(Exercise input begins)

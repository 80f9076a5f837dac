//! The way through statements.

ghost use Rattle.std.specs.Prelude.{◌≡◌, ◌<◌, ◌+◌, ◌||◌, false, None, drop, length, OnOk, IfOk};
ghost use Rattle.pdll_syntax.specs.ExprTree.{exprs, refs, maybe_expr};
ghost use Rattle.pdll_syntax.specs.StmtTree.{stmts};
ghost use Rattle.pdll_syntax.specs.StmtView.{stmt_form};
ghost use Rattle.pdll_types.specs.Asking.{asked_of};
ghost use Rattle.pdll_types.specs.Signatures.{kind_of_refs};
ghost use Rattle.pdll_types.specs.Sight.{kind_of_variable};
ghost use Rattle.pdll_types.specs.Mentions as spec;
ghost use Rattle.pdll_types.specs.Walk.{walked};

use crate::asked::Asked;
use crate::expressions::{walk_expr, walk_exprs, walk_maybe, walk_refs};
use crate::kind::Kind;
use crate::marks::{note_word, show, use_statement};
use crate::section::{Holder, Section, Standing};
use crate::sight::Sight;
use crate::table::Table;
use crate::uses::kind_of_expr;
use crate::walk::Walk;
use pdll_syntax::expr::{Expr, Ref};
use pdll_syntax::name::Name;
use pdll_syntax::stmt::{Stmt, StmtForm, Values};
use std::alloc::{AllocError, Global};

/// What is asked of the operation that a statement erases, replaces or rewrites.
fn target<'a>(standing: Standing) -> Asked<'a>
    ensures { asked_of result ≡ spec.asked_of_target standing }
{
    match standing {
        Standing::Matching | Standing::Exempt => Asked::Anything,
        Standing::Final => Asked::Root,
        Standing::Inside | Standing::Returning => Asked::Operation,
    }
}

/// What is asked of a returned expression, where results are of this kind.
fn returned(result_kind: &Option<Kind>, standing: Standing) -> Asked<'_>
    ensures { asked_of result ≡ spec.asked_of_returned result_kind.now standing }
{
    match standing {
        Standing::Matching | Standing::Exempt | Standing::Final => Asked::Anything,
        Standing::Inside | Standing::Returning => Asked::Written(result_kind),
    }
}

fn holder_of(value: &Option<Expr>) -> Holder
    ensures { result ≡ spec.holder_of value.now }
{
    match value {
        None => Holder::Variable,
        Some(_) => Holder::Valued,
    }
}

/// The kind of a variable whose refs write this one.
fn kind_of_variable(
    alloc: Global,
    table: &Table<'_>,
    sight: &Sight<'_>,
    all: &[Ref],
    written: Option<Kind>,
    value: &Option<Expr>,
) -> Result<Option<Kind>, AllocError>
    requires { written ≡ kind_of_refs table.now (refs all.now) }
    ensures { IfOk result (λ k. k ≡ kind_of_variable table.now sight.now (refs all.now) (maybe_expr value.now)) }
{
    if all.len() > 0 {
        return Ok(written);
    }
    match value {
        None => Ok(None),
        Some(x) => kind_of_expr(alloc, table, sight, x),
    }
}

/// Goes through `let name: refs = value;`.
#[tactic(auto, unfolding(crate::specs::Mentions::of_let), using(crate::proofs::Steps::walked_both, crate::proofs::Steps::shown_step))]
fn walk_let<'t>(
    alloc: Global,
    table: &Table<'t>,
    walk: &mut Walk<'t>,
    section: Section,
    name: &'t Name,
    all: &'t [Ref],
    value: &'t Option<Expr>,
) -> Result<(), AllocError>
    ensures { OnOk result (walk.new ≡ walked table.now (spec.of_let table.now section name.now.at name.now.text all.now value.now) walk.old) }
{
    let word = name.text.as_slice();
    let holder = holder_of(value);
    note_word(walk, section, value.is_some(), name.at, word)?;
    let written = walk_refs(alloc, table, walk, section, holder, all)?;
    walk_maybe(alloc, table, walk, section, Asked::Written(&written), value)?;
    let kind = kind_of_variable(alloc, table, &walk.sight, all, written, value)?;
    show(walk, word, kind)
}

fn walk_values<'t>(
    alloc: Global,
    table: &Table<'t>,
    walk: &mut Walk<'t>,
    section: Section,
    values: &'t Values,
) -> Result<(), AllocError>
    ensures { OnOk result (walk.new ≡ walked table.now (spec.of_values table.now section values.now) walk.old) }
{
    match values {
        Values::One(x) => walk_expr(alloc, table, walk, section, Asked::Operand, x),
        Values::Several(all) => walk_exprs(
            alloc,
            table,
            walk,
            section.within(),
            Asked::Operand,
            all.as_slice(),
        ),
    }
}

/// Whether the statement at this index is the last.
#[tactic(auto, using(crate::proofs::Loops::none_behind))]
fn is_last(all: &[Stmt], at: usize) -> bool
    requires { at < length all.now }
    ensures { result ≡ spec.are_none (stmts (drop (at + 1) all.now)) }
{
    at + 1 == all.len()
}

/// Goes through what stands in a statement, where results are of this kind.
#[cycle(statements)]
#[tactic(auto, unfolding(crate::specs::Mentions::of_stmt))]
fn walk_stmt<'t>(
    alloc: Global,
    table: &Table<'t>,
    walk: &mut Walk<'t>,
    result_kind: &Option<Kind>,
    standing: Standing,
    one: &'t Stmt,
) -> Result<(), AllocError>
    ensures { OnOk result (walk.new ≡ walked table.now (spec.of_stmt table.now result_kind.now standing one.now) walk.old) }
{
    walk_stmt_form(alloc, table, walk, result_kind, standing, &one.form)
}

#[cycle(statements)]
#[tactic(auto, unfolding(crate::specs::Mentions::inside_stmt), using(crate::proofs::Steps::walked_both))]
fn walk_stmt_form<'t>(
    alloc: Global,
    table: &Table<'t>,
    walk: &mut Walk<'t>,
    result_kind: &Option<Kind>,
    standing: Standing,
    form: &'t StmtForm,
) -> Result<(), AllocError>
    ensures { OnOk result (walk.new ≡ walked table.now (spec.inside_stmt table.now result_kind.now standing (stmt_form form.now)) walk.old) }
{
    let part = standing.part();
    match form {
        StmtForm::Let(name, refs, value) => {
            walk_let(alloc, table, walk, part, name, refs.as_slice(), value)
        }
        StmtForm::Erase(x) => walk_expr(alloc, table, walk, part, target(standing), x),
        StmtForm::Return(x) => walk_expr(
            alloc,
            table,
            walk,
            part,
            returned(result_kind, standing),
            x,
        ),
        StmtForm::Replace(x, values) => {
            walk_expr(alloc, table, walk, part, target(standing), x)?;
            walk_values(alloc, table, walk, standing.part_behind_with(), values)
        }
        StmtForm::Rewrite(x, inner, _) => {
            walk_expr(alloc, table, walk, part, target(standing), x)?;
            walk_rewrite(alloc, table, walk, &None, false, inner.as_slice())
        }
        StmtForm::Plain(x) => walk_expr(alloc, table, walk, part, Asked::Anything, x),
    }
}

/// Goes through the statements of a rewrite, which may have a result of this kind.
#[cycle(statements)]
#[tactic(auto, unfolding(crate::specs::Mentions::of_rewrite), using(crate::proofs::Steps::walked_both))]
pub fn walk_rewrite<'t>(
    alloc: Global,
    table: &Table<'t>,
    walk: &mut Walk<'t>,
    result_kind: &Option<Kind>,
    gives: bool,
    all: &'t [Stmt],
) -> Result<(), AllocError>
    ensures { OnOk result (walk.new ≡ walked table.now (spec.of_rewrite table.now result_kind.now gives (stmts all.now)) walk.old) }
{
    for at in 0..all.len() {
        let one = &all[at];
        let standing = Standing::in_rewrite(gives, is_last(all, at));
        use_statement(walk, standing, false, one);
        walk_stmt(alloc, table, walk, result_kind, standing, one)?;
    }
    Ok(())
}

/// Goes through the statements of a constraint.
#[tactic(auto, unfolding(crate::specs::Mentions::of_constraint), using(crate::proofs::Steps::walked_both))]
pub fn walk_constraint<'t>(
    alloc: Global,
    table: &Table<'t>,
    walk: &mut Walk<'t>,
    all: &'t [Stmt],
) -> Result<(), AllocError>
    ensures { OnOk result (walk.new ≡ walked table.now (spec.of_constraint table.now (stmts all.now)) walk.old) }
{
    for one in all {
        use_statement(walk, Standing::Matching, false, one);
        walk_stmt(alloc, table, walk, &None, Standing::Matching, one)?;
    }
    Ok(())
}

fn names_root_form(form: &StmtForm) -> bool
    ensures { result ≡ spec.names_root_form (stmt_form form.now) }
{
    matches!(
        form,
        StmtForm::Erase(_) | StmtForm::Replace(_, _) | StmtForm::Rewrite(_, _, _)
    )
}

/// Whether a statement names a root.
pub fn names_root(one: &Stmt) -> bool
    ensures { result ≡ spec.names_root one.now }
{
    names_root_form(&one.form)
}

/// Whether a statement that names a root stands before, or this is one.
fn is_late(late: bool, one: &Stmt) -> bool
    ensures { result ≡ (late || spec.names_root one.now) }
{
    late || names_root(one)
}

/// Goes through the statements of a pattern.
#[tactic(auto, unfolding(crate::specs::Mentions::of_pattern), using(crate::proofs::Steps::walked_both))]
pub fn walk_pattern<'t>(
    alloc: Global,
    table: &Table<'t>,
    walk: &mut Walk<'t>,
    all: &'t [Stmt],
) -> Result<(), AllocError>
    ensures { OnOk result (walk.new ≡ walked table.now (spec.of_pattern table.now false (stmts all.now)) walk.old) }
{
    let mut late = false;
    for at in 0..all.len() {
        let one = &all[at];
        let standing = Standing::in_pattern(is_last(all, at), late, names_root(one));
        use_statement(walk, standing, late, one);
        walk_stmt(alloc, table, walk, &None, standing, one)?;
        late = is_late(late, one);
    }
    Ok(())
}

(Exercise input ends)

What is required:
Across the entries, work out how many lines hold the word "drop". Reply with that number only.

Task solution:
2